Task: Give the number of lines in these entries that contain "Mender", and nothing more.

Stored items from a collection:
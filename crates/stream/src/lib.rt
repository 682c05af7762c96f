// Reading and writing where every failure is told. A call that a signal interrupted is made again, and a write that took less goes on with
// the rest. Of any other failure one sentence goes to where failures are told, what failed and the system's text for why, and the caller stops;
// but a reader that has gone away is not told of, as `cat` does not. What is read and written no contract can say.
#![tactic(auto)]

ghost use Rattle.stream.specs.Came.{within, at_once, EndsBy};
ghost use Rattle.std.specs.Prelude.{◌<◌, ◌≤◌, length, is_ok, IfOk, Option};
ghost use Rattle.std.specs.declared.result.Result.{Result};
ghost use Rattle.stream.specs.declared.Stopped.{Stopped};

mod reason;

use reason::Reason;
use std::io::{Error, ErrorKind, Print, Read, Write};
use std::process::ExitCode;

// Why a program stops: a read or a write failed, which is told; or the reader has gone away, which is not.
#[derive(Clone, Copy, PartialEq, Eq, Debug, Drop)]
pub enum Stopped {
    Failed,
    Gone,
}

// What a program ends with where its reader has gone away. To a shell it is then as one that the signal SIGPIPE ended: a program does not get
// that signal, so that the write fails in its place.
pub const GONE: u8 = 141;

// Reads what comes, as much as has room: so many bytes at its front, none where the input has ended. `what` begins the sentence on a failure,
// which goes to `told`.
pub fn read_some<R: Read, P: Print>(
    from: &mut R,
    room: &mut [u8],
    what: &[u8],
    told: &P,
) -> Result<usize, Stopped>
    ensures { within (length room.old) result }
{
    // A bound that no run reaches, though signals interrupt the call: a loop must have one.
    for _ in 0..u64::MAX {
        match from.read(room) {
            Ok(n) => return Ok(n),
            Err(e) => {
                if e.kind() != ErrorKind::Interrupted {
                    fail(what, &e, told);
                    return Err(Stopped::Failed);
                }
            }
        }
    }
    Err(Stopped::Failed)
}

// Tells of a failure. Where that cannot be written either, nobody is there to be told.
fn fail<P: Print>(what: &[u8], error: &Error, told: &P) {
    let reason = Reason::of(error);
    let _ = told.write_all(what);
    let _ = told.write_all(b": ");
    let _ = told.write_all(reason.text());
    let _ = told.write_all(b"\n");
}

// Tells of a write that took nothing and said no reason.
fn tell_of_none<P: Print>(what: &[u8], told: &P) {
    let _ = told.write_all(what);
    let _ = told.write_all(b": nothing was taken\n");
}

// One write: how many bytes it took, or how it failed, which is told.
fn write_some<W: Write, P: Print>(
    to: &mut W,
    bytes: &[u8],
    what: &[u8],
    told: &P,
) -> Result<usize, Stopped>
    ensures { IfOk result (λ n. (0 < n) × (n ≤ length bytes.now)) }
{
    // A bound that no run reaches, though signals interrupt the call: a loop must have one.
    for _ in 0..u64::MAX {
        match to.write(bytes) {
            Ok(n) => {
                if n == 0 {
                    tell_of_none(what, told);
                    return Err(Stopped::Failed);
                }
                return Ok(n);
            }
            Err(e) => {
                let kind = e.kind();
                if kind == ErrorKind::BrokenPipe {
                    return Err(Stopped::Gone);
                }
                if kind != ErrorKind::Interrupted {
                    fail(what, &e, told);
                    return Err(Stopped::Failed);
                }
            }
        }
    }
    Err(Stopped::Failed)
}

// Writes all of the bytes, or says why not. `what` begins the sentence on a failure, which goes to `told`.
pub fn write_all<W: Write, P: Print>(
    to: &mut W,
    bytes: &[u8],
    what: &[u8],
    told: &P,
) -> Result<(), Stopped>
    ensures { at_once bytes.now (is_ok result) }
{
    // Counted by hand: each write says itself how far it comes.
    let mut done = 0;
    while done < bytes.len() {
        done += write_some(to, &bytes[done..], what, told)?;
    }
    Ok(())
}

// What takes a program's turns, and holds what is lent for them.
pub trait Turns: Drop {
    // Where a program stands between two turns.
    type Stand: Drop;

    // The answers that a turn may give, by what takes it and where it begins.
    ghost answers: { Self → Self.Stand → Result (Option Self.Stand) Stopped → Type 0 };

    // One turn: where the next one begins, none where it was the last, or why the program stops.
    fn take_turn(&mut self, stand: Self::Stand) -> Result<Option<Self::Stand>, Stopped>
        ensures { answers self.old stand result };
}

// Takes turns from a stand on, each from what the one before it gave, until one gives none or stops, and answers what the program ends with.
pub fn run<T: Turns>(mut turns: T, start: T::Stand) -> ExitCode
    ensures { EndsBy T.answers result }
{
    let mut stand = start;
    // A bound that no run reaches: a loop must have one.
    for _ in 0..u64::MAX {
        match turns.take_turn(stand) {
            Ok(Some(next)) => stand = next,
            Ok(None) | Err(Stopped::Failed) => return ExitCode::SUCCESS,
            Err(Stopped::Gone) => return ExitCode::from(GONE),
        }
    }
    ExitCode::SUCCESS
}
---
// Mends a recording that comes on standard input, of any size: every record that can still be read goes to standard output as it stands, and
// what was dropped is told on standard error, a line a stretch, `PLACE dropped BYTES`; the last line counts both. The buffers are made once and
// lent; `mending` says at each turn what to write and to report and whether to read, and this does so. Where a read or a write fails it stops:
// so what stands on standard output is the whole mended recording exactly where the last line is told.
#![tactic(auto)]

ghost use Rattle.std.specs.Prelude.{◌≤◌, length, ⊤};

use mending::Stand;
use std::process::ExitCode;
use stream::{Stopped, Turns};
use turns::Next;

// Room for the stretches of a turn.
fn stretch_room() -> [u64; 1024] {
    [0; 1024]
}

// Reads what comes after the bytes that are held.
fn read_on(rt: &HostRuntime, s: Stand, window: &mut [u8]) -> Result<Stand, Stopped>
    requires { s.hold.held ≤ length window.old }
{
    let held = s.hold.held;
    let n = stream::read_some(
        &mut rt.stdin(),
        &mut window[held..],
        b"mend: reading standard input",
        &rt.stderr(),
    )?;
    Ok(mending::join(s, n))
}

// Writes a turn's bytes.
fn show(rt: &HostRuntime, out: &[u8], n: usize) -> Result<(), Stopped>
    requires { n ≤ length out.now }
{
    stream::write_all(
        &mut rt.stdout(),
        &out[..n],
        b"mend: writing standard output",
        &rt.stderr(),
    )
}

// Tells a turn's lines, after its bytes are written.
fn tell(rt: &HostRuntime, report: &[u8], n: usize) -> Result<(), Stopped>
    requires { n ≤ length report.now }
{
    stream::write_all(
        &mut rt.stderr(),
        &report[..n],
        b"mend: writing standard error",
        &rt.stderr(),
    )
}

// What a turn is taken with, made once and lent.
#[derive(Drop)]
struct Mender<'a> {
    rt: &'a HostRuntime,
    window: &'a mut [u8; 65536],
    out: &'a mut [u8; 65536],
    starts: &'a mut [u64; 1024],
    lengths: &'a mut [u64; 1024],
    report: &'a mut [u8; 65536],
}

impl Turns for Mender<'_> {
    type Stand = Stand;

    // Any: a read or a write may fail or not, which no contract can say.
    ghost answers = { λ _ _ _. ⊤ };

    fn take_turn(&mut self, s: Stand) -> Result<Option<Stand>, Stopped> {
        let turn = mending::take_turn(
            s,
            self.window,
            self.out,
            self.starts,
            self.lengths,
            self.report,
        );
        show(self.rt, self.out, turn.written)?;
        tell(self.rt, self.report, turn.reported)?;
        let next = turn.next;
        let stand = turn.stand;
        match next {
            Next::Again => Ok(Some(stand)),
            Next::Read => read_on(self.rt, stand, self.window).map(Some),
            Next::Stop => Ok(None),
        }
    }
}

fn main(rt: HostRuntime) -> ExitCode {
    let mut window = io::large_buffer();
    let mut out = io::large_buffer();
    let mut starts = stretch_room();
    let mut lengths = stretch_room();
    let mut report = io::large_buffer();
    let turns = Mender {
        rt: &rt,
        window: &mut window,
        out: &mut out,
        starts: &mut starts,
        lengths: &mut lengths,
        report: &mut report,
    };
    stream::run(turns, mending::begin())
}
--
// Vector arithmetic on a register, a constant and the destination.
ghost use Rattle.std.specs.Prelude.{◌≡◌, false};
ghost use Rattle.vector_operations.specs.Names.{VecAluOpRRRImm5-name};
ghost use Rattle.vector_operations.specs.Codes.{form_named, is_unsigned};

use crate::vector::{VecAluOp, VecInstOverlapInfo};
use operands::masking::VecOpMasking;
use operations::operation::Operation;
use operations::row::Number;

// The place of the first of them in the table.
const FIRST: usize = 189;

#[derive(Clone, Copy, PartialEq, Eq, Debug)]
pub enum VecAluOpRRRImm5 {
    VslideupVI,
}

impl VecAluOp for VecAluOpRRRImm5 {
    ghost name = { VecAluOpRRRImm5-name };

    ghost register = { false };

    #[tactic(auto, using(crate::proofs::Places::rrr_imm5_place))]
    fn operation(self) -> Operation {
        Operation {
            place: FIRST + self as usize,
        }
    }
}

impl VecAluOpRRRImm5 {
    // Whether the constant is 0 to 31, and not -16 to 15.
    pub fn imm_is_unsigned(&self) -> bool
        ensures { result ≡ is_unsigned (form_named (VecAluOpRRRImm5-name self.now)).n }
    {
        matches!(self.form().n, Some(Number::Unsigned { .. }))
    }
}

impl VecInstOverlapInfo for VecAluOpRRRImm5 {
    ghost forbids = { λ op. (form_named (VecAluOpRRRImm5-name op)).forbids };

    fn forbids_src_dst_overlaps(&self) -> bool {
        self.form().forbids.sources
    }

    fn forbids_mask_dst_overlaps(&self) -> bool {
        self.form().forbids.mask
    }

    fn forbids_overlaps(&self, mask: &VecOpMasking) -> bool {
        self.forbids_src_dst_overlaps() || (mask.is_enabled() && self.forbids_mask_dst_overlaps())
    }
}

Solution for this exercise: 3